··· Supplied data

//! A pool that is refused memory at a put that a test names, and a body that is at such an ask: a
//! run over them has no memory, or the outcome that it has with ample memory.
//!
//! The body also lets other threads run at each ask.
ghost use Rattle.std.specs.Prelude.{◌≡◌, ◌<◌, length, IfOk, IsTrue};
ghost use Rattle.tj_body.specs.Table.{is_table};
ghost use Rattle.tj_body.specs.SeenAs.{ask_as};

use crate::output::ClosedOutput;
use crate::worker_runs::ended_at_rest;
use std::alloc::Global;
use std::sync::Wait;
use std::test::Fail;
use std::thread::{self, Threads};
use tj_base::{CellId, Items, Oom, Pay};
use tj_body::{Answer, Ask, Body, Row, RowList, TableBody};
use tj_eval::{ScriptBody, main_body};
use tj_mean::{PlanFault, plan};
use tj_modes::Told;
use tj_ports::OpenGate;
use tj_ready::{LockedPool, Pool};
use tj_run::{RunFault, run_all};
use tj_syntax::script_in;

const TAKERS: &str = "task main() { let p = new; let a = fork taker(p); fork giver(own p); \
    let b = fork taker(p); let x = join a; let y = join b; return x + y; } task taker(p) { let \
    v = get p; return v + 1; } task giver(p) { set p = 4; return 0; }";

const TAKERS_REPORT: &str = "0 done 10\n0.2 done 5\n0.3 done 0\n0.4 done 5\nclean\n";

/// An end of a locked pool that is refused its put with the number `K`.
#[derive(Drop)]
struct ShyPool<const K: u32> {
    end: LockedPool,
    /// How many puts until it is refused one, 0 where it isn't any more.
    puts: u32,
}

impl<const K: u32> Pool for ShyPool<K> {
    ghost limit = { λ shy. shy.end.cells };

    fn make<R: Wait>(rt: &R, alloc: Global, workers: u32, cells: u32) -> Result<Vec<Self>, Oom> {
        let mut made = LockedPool::make(rt, alloc, workers, cells)?;
        let mut ends = Vec::new(alloc);
        while let Some(end) = made.pop() {
            ends.push(ShyPool { end, puts: K })?;
        }
        Ok(ends)
    }

    fn put<R: Wait>(&mut self, rt: &R, alloc: Global, t: CellId) -> Result<(), Oom> {
        let puts = self.puts;
        self.puts = puts.saturating_sub(1);
        if puts == 1 {
            return Err(Oom);
        }
        self.end.put(rt, alloc, t)
    }

    fn take<R: Wait>(&mut self, rt: &R) -> Option<CellId> {
        self.end.take(rt)
    }
}

/// A body that lets other threads run at each ask, and that is refused memory at one.
#[derive(Drop)]
pub(crate) struct ShyBody<B> {
    pub(crate) body: B,
    /// How many asks until then, 0 where it isn't refused any.
    pub(crate) asks: u32,
}

impl<B: Body> Body for ShyBody<B> {
    ghost use Rattle.std.specs.Prelude.{◌-◌};
    ghost use Rattle.std.proofs.Common.{refl};
    ghost use Rattle.tj_body.specs.SeenAs.{ask_as};
    ghost use Rattle.tj_program.specs.TestBodies.ShyAsks.{obeys_of};

    ghost places = { λ b. B.places b.body };

    ghost awaits = { λ b. B.awaits b.body };

    ghost left = { λ b. B.left b.body };

    ghost asks = { λ b a. ask_as (λ c. record { body = c; asks = 0 }) (B.asks b.body a) };

    ghost then = { λ b a. record { body = B.then b.body a; asks = b.asks - 1 } };

    fn next(&mut self, alloc: Global, a: Answer) -> Result<Ask<Self>, Oom> {
        thread::yield_now();
        let asks = self.asks;
        self.asks = asks.saturating_sub(1);
        if asks == 1 {
            return Err(Oom);
        }
        Ok(bold(self.body.next(alloc, a)?))
    }

    fn twin(&self, alloc: Global) -> Result<Self, Oom> {
        Ok(ShyBody {
            body: self.body.twin(alloc)?,
            asks: self.asks,
        })
    }

    ghost obeys = { obeys_of (λ c. record { body = c; asks = 0 }) (λ b. b.body) (λ b. refl) B.places B.awaits B.left
        B.asks B.then (λ b a. record { body = B.then b.body a; asks = b.asks - 1 }) (λ b a. refl) B.obeys };
}

/// The same ask, whose forks aren't refused memory.
fn bold<B>(ask: Ask<B>) -> Ask<ShyBody<B>>
    ensures { result ≡ ask_as (λ c. record { body = c; asks = 0 }) ask }
{
    match ask {
        Ask::New => Ask::New,
        Ask::Fork { body, pass, hand } => Ask::Fork {
            body: ShyBody { body, asks: 0 },
            pass,
            hand,
        },
        Ask::Set { p, v } => Ask::Set { p, v },
        Ask::Get { p } => Ask::Get { p },
        Ask::Join { t } => Ask::Join { t },
        Ask::GetOr { p } => Ask::GetOr { p },
        Ask::JoinOr { t } => Ask::JoinOr { t },
        Ask::Emit(i) => Ask::Emit(i),
        Ask::End(v) => Ask::End(v),
        Ask::Fail(trouble) => Ask::Fail(trouble),
    }
}

/// Whether this is the report that the script has with ample memory.
fn is_report(given: Result<ClosedOutput, Oom>) -> bool {
    match given {
        Ok(given) => given.output.text.as_slice() == TAKERS_REPORT.as_bytes(),
        Err(_out_of_memory) => false,
    }
}

/// Whether a run of the script by one worker, which is refused a put, has no memory, or where that
/// isn't `due` the report that it has with ample memory.
fn is_refused<const K: u32, R: Wait + Threads + Sync>(rt: &R, alloc: Global, due: bool) -> bool {
    let Ok(script) = script_in(alloc, TAKERS.as_bytes()) else {
        return false;
    };
    let Ok(root) = main_body(alloc, &script, 100_000) else {
        return false;
    };
    match run_all::<ScriptBody<'_>, ShyPool<K>, OpenGate, R>(
        rt, alloc, root, 4096, 1, &OpenGate, false,
    ) {
        Ok(rest) => !due && is_report(ended_at_rest(alloc, rest, Told::Report)),
        Err(RunFault::Oom) => true,
        Err(RunFault::Full) => false,
    }
}

/// Whether a run that is refused one of these puts has no memory, or the report of ample memory.
fn are_refused<const I: u32, const J: u32, const K: u32, R: Wait + Threads + Sync>(
    rt: &R,
    a: Global,
) -> bool {
    is_refused::<I, R>(rt, a, false)
        && is_refused::<J, R>(rt, a, false)
        && is_refused::<K, R>(rt, a, false)
}

#[test]
fn a_put_is_refused(rt: HostRuntime) {
    let a = rt.alloc();
    assert!(rt; is_refused::<1, HostRuntime>(&rt, a, true));
    assert!(rt; are_refused::<2, 3, 4, HostRuntime>(&rt, a));
    assert!(rt; are_refused::<5, 6, 7, HostRuntime>(&rt, a));
    assert!(rt; are_refused::<8, 9, 10, HostRuntime>(&rt, a));
    assert!(rt; are_refused::<11, 12, 13, HostRuntime>(&rt, a));
}

/// The table of one task, which makes a promise, sets it, gets it, prints and ends with the promise.
fn small(alloc: Global) -> Result<[RowList; 1], Oom>
    ensures { IfOk result (λ lists. IsTrue (is_table lists) × (0 < length lists)) }
{
    let rows = [
        Row::New,
        Row::Set {
            p: 1,
            v: Pay::Num(5),
        },
        Row::Get { p: 1 },
        Row::Emit(8),
        Row::End(Pay::Ref(1)),
    ];
    let rows = Vec::from_array(alloc, rows)?;
    Ok([Items::of(rows)])
}

#[test]
fn an_ask_is_refused(rt: HostRuntime) -> Result<(), Fail> {
    let a = rt.alloc();
    let lists = small(a)?;
    for asks in 1..=5 {
        let root = ShyBody {
            body: TableBody::new(&lists, 0),
            asks,
        };
        assert_eq!(rt;
            plan(a, &root, 2, false).err(),
            Some(PlanFault::Oom),
            "{asks}"
        );
        let ran = run_all::<ShyBody<TableBody<'_>>, LockedPool, OpenGate, HostRuntime>(
            &rt, a, root, 2, 1, &OpenGate, false,
        );
        assert_eq!(rt; ran.err(), Some(RunFault::Oom), "{asks}");
    }
    Ok(())
}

······

▶ Task description
Among the lines above, which hold the word "made"? Report each one.

▶ Task answer
        let mut made = LockedPool::make(rt, alloc, workers, cells)?;
        while let Some(end) = made.pop() {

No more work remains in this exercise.